What is required => Pull every line with "ends" from the material.

..........

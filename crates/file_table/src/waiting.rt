//! Whether a call would wait, asked without making it.

ghost use Rattle.std.specs.Prelude.{◌≡◌, ℕ, List, length};
ghost use Rattle.file_table.specs.Moving.{read, write};
ghost use Rattle.file_table.specs.Waits.{given_waits, gives_later, is_wait, read_waits, takes_later, write_waits};

use crate::fault::FileFault;
use crate::files::Files;
use crate::moving::{can_read, can_write, is_ready, never_waits, takes};
use crate::state::{Description, Target};

impl Files {
    /// Whether `read` into a buffer of so many bytes would wait: nothing is there and more may come. It takes constant time.
    ///
    /// References: read(2), pipe(7).
    pub fn read_waits(&self, fd: u64, size: u64) -> bool
        ensures { result ≡ is_wait (read fd size self.now) }
    {
        self.is_read_late(fd, size)
    }

    #[tactic(auto, unfolding(crate::specs::Waits::read_waits))]
    fn is_read_late(&self, fd: u64, size: u64) -> bool
        ensures { result ≡ read_waits fd size self.now }
    {
        match self.open_as(fd) {
            Some((_, it)) => can_read(it.flags) && self.gives_later(it, size),
            None => false,
        }
    }

    fn gives_later(&self, it: Description, size: u64) -> bool
        ensures { result ≡ gives_later it.target it.flags size self.now }
    {
        match it.target {
            Target::Node(_) => false,
            Target::Device(device) => match self.devices.get(device) {
                Some(device) => {
                    let count = device.input.len() as u64;
                    waits_for_bytes(size, count, !device.ended, it.flags)
                }
                None => waits_for_bytes(size, 0, true, it.flags),
            },
            Target::Pipe { pipe, .. } => match self.pipes.get(pipe) {
                Some(Some(pipe)) => {
                    waits_for_bytes(size, pipe.len() as u64, pipe.writer, it.flags)
                }
                Some(None) | None => false,
            },
        }
    }

    /// Whether `write` of so many bytes would wait: they must go whole and don't fit, or some of them don't. It takes constant
    /// time.
    ///
    /// References: write(2), pipe(7).
    pub fn write_waits(&self, fd: u64, size: u64) -> bool
        ensures { (bytes : List ℕ) → length bytes ≡ size → is_wait (write fd bytes self.now) ≡ result }
    {
        self.is_write_late(fd, size)
    }

    #[tactic(auto, unfolding(crate::specs::Waits::write_waits))]
    fn is_write_late(&self, fd: u64, size: u64) -> bool
        ensures { result ≡ write_waits fd size self.now }
    {
        match self.open_as(fd) {
            Some((_, it)) => can_write(it.flags) && self.takes_later(it, size),
            None => false,
        }
    }

    fn takes_later(&self, it: Description, size: u64) -> bool
        ensures { result ≡ takes_later it.target it.flags size self.now }
    {
        match it.target {
            Target::Node(_) | Target::Device(_) => false,
            Target::Pipe { pipe, .. } => match self.pipes.get(pipe) {
                Some(Some(pipe)) => match takes(pipe, it.flags, size as usize) {
                    Err(FileFault::Block) => true,
                    Ok(_) | Err(_) => false,
                },
                Some(None) | None => false,
            },
        }
    }
}

/// Whether a read of so many bytes waits, where so many are there.
fn waits_for_bytes(size: u64, count: u64, more: bool, flags: u64) -> bool
    ensures { result ≡ given_waits more count flags size }
{
    !is_ready(size as usize, count as usize, more) && !never_waits(flags)
}
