//! Pipes that are made, what comes in at devices, and what is ready to be read or written.

ghost use Rattle.std.specs.Prelude.{◌≡◌, ◌+◌, ◌^◌, ◌<◌, ◌≤◌, Bool, ℕ, true, false, length, get_or, slice_get, Some, None, IfOk, OnOk, OnErr};
ghost use Rattle.file_table.specs.declared.state.Target.TheVariants as targets;
ghost use Rattle.file_table.specs.Descriptors.{lone_of, no_device};
ghost use Rattle.file_table.specs.Due.{Answers};
ghost use Rattle.file_table.specs.Opening.{vacant};
ghost use Rattle.file_table.specs.Pipes.{bit_if, ended_by, fed, fed_device, new_pipe, piped, piped_at, readiness, ready_device, ready_pipe, room, room_at, with_new_pipe};
ghost use Rattle.file_table.specs.State.{at, lives_by, put};

use crate::descriptors::free_place;
use crate::fault::FileFault;
use crate::files::Files;
use crate::pipes::Pipe;
use crate::state::{Device, Target};
use bitflags::Flags;
use call_table::OpenFlags;
use file_tree::Errno;
use std::alloc::{AllocError, Global};

/// The flags of a pipe: its descriptions never wait, and its descriptors are closed by execve.
const PIPE_FLAGS: u64 = 0x80800;

/// It can be read without waiting.
const CAN_READ: u16 = 1;

/// It can be written without waiting.
const CAN_WRITE: u16 = 4;

/// Nobody reads from the pipe.
const NO_READER: u16 = 8;

/// Nobody writes to the pipe.
const NO_WRITER: u16 = 16;

/// The descriptor isn't open.
const NOT_OPEN: u16 = 32;

impl Files {
    /// Makes a pipe, and opens its ends as the two least free descriptors, the first for reading and the second for writing.
    /// It costs by the number of descriptors, descriptions and pipes, and takes memory for all bytes that the pipe may hold.
    ///
    /// It is refused with `EINVAL` for flags other than those of a description that never waits and of a descriptor that
    /// execve closes, then with `EMFILE` where fewer than two descriptors are free.
    ///
    /// References: pipe(2), pipe(7).
    #[tactic(auto, using(crate::proofs::PipeFacts::named_low), unfolding(crate::specs::Pipes::piped))]
    pub fn pipe(&mut self, alloc: Global, flags: OpenFlags) -> Result<(u32, u32), FileFault>
        ensures { Answers result (piped flags.0 self.old) self.old self.new }
    {
        let flags = flags.bits();
        if flags | PIPE_FLAGS != PIPE_FLAGS {
            return Err(FileFault::Errno(Errno::EINVAL));
        }
        match self.free(0) {
            Some(reader) => match self.free(reader + 1) {
                Some(writer) => self.pipe_at(alloc, reader, writer, flags),
                None => Err(FileFault::Errno(Errno::EMFILE)),
            },
            None => Err(FileFault::Errno(Errno::EMFILE)),
        }
    }

    /// Makes a pipe, and opens its ends as descriptors that are free.
    fn pipe_at(
        &mut self,
        alloc: Global,
        reader: usize,
        writer: usize,
        flags: u64,
    ) -> Result<(u32, u32), FileFault>
        requires apart { (reader < writer) × (writer < 256) }
        requires free { (at self.old.descriptors reader ≡ None) × (at self.old.descriptors writer ≡ None) }
        requires low { flags < 2 ^ 63 }
        ensures { Answers result (piped_at (Some reader) (Some writer) flags self.old) self.old self.new }
    {
        match self.add_pipe(alloc) {
            Ok(pipe) => {
                self.open_end(reader, pipe, false, flags);
                self.open_end(writer, pipe, true, flags + 1);
                Ok((reader as u32, writer as u32))
            }
            Err(_) => Err(FileFault::Memory),
        }
    }

    /// A pipe of the least number that none has.
    fn add_pipe(&mut self, alloc: Global) -> Result<usize, AllocError>
        ensures ok { IfOk result (λ number. (number ≡ vacant self.old.pipes) × (self.new ≡ with_new_pipe self.old)) }
        ensures there { IfOk result (λ number. at self.new.pipes number ≡ Some new_pipe) }
        ensures fresh { IfOk result (λ number. (writes : Bool) (other : ℕ) → lone_of (at self.new.descriptions other) ≡ Some (targets.Pipe number writes) → ⊥) }
        ensures err { OnErr result (self.new ≡ self.old) }
    {
        let pipe = Pipe::new(alloc)?;
        let number = vacant_pipe(self.pipes.as_slice());
        put_pipe(&mut self.pipes, number, pipe)?;
        Ok(number)
    }

    /// Puts bytes behind those that came in at a device; no bytes are the end of what comes in. Nothing happens behind that end,
    /// and where the device isn't there. It costs by their number, over many calls, and so does its memory.
    ///
    /// References: none; where the bytes come from is the project's own.
    #[tactic(auto, unfolding(crate::specs::Pipes::fed))]
    pub fn feed(&mut self, device: usize, bytes: &[u8]) -> Result<(), AllocError>
        ensures ok { OnOk result (self.new ≡ fed device bytes.now self.old) }
        ensures err { OnErr result (self.new ≡ self.old) }
    {
        if device >= self.devices.len() {
            return Ok(());
        }
        feed_device(&mut self.devices[device], bytes)
    }

    /// Whether nothing more comes in at a device. One that isn't there hasn't ended.
    pub fn ended(&self, device: usize) -> bool
        ensures { result ≡ ended_by (slice_get self.now.devices device) }
    {
        match self.devices.get(device) {
            Some(device) => device.ended,
            None => false,
        }
    }

    /// What a descriptor is ready for, as bits: 1 it can be read without waiting, 4 it can be written without waiting, 8 nobody
    /// reads from the pipe that it writes to, 16 nobody writes to the pipe that it reads from, 32 it isn't open. It takes
    /// constant time.
    ///
    /// References: poll(2).
    #[tactic(auto, unfolding(crate::specs::Pipes::readiness))]
    pub fn readiness(&self, fd: u64) -> u16
        ensures { result ≡ readiness fd self.now }
    {
        match self.open_as(fd) {
            Some((_, it)) => match it.target {
                Target::Node(_) => CAN_READ + CAN_WRITE,
                Target::Device(device) => self.ready_device(device),
                Target::Pipe { pipe, writes } => match self.pipes.get(pipe) {
                    Some(Some(pipe)) => ready_pipe(pipe, writes),
                    Some(None) | None => 0,
                },
            },
            None => NOT_OPEN,
        }
    }

    /// What a device is ready for.
    fn ready_device(&self, device: usize) -> u16
        requires { lives_by (slice_get self.now.devices device) ≡ true }
        ensures { result ≡ ready_device (get_or self.now.devices device no_device) }
    {
        let device = &self.devices[device];
        CAN_WRITE + bit_if(CAN_READ, device.input.len() != 0 || device.ended)
    }

    /// How many bytes fit into the pipe that a descriptor writes to; 0 where it isn't open, or not for that. It takes constant
    /// time.
    ///
    /// References: pipe(7).
    #[tactic(auto, unfolding(crate::specs::Pipes::room))]
    pub fn room(&self, fd: u64) -> u64
        ensures { result ≡ room fd self.now }
    {
        match self.open_as(fd) {
            Some((_, it)) => match it.target {
                Target::Node(_) | Target::Device(_) => 0,
                Target::Pipe { pipe, writes } => match self.pipes.get(pipe) {
                    Some(Some(pipe)) if writes => pipe.room() as u64,
                    _ => 0,
                },
            },
            None => 0,
        }
    }
}

/// Puts bytes behind those that came in.
fn feed_device(device: &mut Device, bytes: &[u8]) -> Result<(), AllocError>
    ensures ok { OnOk result (device.new ≡ fed_device bytes.now device.old) }
    ensures err { OnErr result (device.new ≡ device.old) }
    ensures live { device.new.live ≡ device.old.live }
{
    if device.ended {
        return Ok(());
    }
    device.input.push(bytes)?;
    device.ended = bytes.is_empty();
    Ok(())
}

/// Puts a pipe at a place, or behind the last one.
fn put_pipe(pipes: &mut Vec<Option<Pipe>>, number: usize, pipe: Pipe) -> Result<(), AllocError>
    requires { number ≤ length pipes.old.items }
    ensures ok { OnOk result (pipes.new.items ≡ put number pipe pipes.old.items) }
    ensures err { OnErr result (pipes.new.items ≡ pipes.old.items) }
{
    if number < pipes.len() {
        pipes[number] = Some(pipe);
        return Ok(());
    }
    match pipes.push(Some(pipe)) {
        Ok(()) => Ok(()),
        Err(_) => Err(AllocError),
    }
}

/// A bit where something is so.
fn bit_if(bit: u16, is_so: bool) -> u16
    ensures { result ≡ bit_if bit is_so }
{
    if is_so { bit } else { 0 }
}

/// What an end of a pipe is ready for.
fn ready_pipe(pipe: &Pipe, writes: bool) -> u16
    ensures { result ≡ ready_pipe writes (Some pipe.now) }
{
    if writes {
        bit_if(CAN_WRITE, pipe.room() > 0) + bit_if(NO_READER, !pipe.reader)
    } else {
        bit_if(CAN_READ, pipe.len() != 0) + bit_if(NO_WRITER, !pipe.writer)
    }
}

/// The least number that no pipe has.
#[tactic(auto, using(crate::proofs::CountFacts::vacant_found, crate::proofs::CountFacts::vacant_end))]
fn vacant_pipe(pipes: &[Option<Pipe>]) -> usize
    ensures { result ≡ vacant pipes.now }
{
    match free_place(pipes, 0) {
        Some(number) => number,
        None => pipes.len(),
    }
}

..........

Reply =>
    /// Makes a pipe, and opens its ends as the two least free descriptors, the first for reading and the second for writing.
    /// Makes a pipe, and opens its ends as descriptors that are free.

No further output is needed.